INSTRUCTIONS TO FOLLOW: Take every line from the listing below that contains "which".

◆ ◆ ◆ ◆

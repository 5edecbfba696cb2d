//! The C program of a lowered program of which all is built.
//! It must not know what a statement does, nor which variables serve it.

ghost use Rattle.std.specs.Prelude.{◌≡◌, ℕ, List as ListOf, None, IfOk};
ghost use Rattle.aplc_names.specs.PlainPrograms.{plain};
ghost use Rattle.aplc_names.specs.States.{Marking};
ghost use Rattle.aplc_cprof.specs.WellFormed.{IsWellFormed};
ghost use Rattle.aplc_cprof.specs.Behaviour.{Alike, behaviour};
ghost use Rattle.aplc_gen.specs.Shown.{source_behaviour};
ghost use Rattle.aplc_gen.specs.Unbuilt.{first_place};

use crate::generating::build;
use crate::layout::layout;
use crate::sparing::spared;
use aplc_core::{CoreProgram, lowered_keeps_runs};
use aplc_cprof::CProgram;
use aplc_plan::Plan;
use std::alloc::{AllocError, Global};

/// The C program of a lowered program of which all is built. It behaves as the source does under its eager rules, for
/// every marking and every input. Nothing of the plan is used: values of one element are never swept.
pub fn generate(alloc: Global, core: &CoreProgram, _plan: &Plan) -> Result<CProgram, AllocError>
    requires built { first_place core.now.program core.now.facts ≡ None }
    ensures formed { IfOk result (λ c. IsWellFormed c) }
    ensures alike { IfOk result (λ c. (m : Marking) (input : ListOf ℕ) → Alike (source_behaviour (plain core.now.program) m input) (behaviour c input)) }
{
    lowered_keeps_runs(core);
    let _program = core.bound().program();
    let every = layout(alloc, core)?;
    let layout = spared(alloc, core, &every)?;
    build(alloc, core, &layout)
}
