//! Where a branch leads.
//! It must not know the code of branches.

/// Where a branch leads.
#[derive(Clone, Copy, Debug, PartialEq, Eq)]
pub enum Lead {
    /// Out of the function.
    Out,
    /// To the line of this number, which has steps.
    Line(u32),
    /// Where the value says.
    Computed,
}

◆ ◆ ◆ ◆

EXERCISE RESPONSE:
//! The C program of a lowered program of which all is built.
//! It must not know what a statement does, nor which variables serve it.
/// The C program of a lowered program of which all is built. It behaves as the source does under its eager rules, for
    /// To the line of this number, which has steps.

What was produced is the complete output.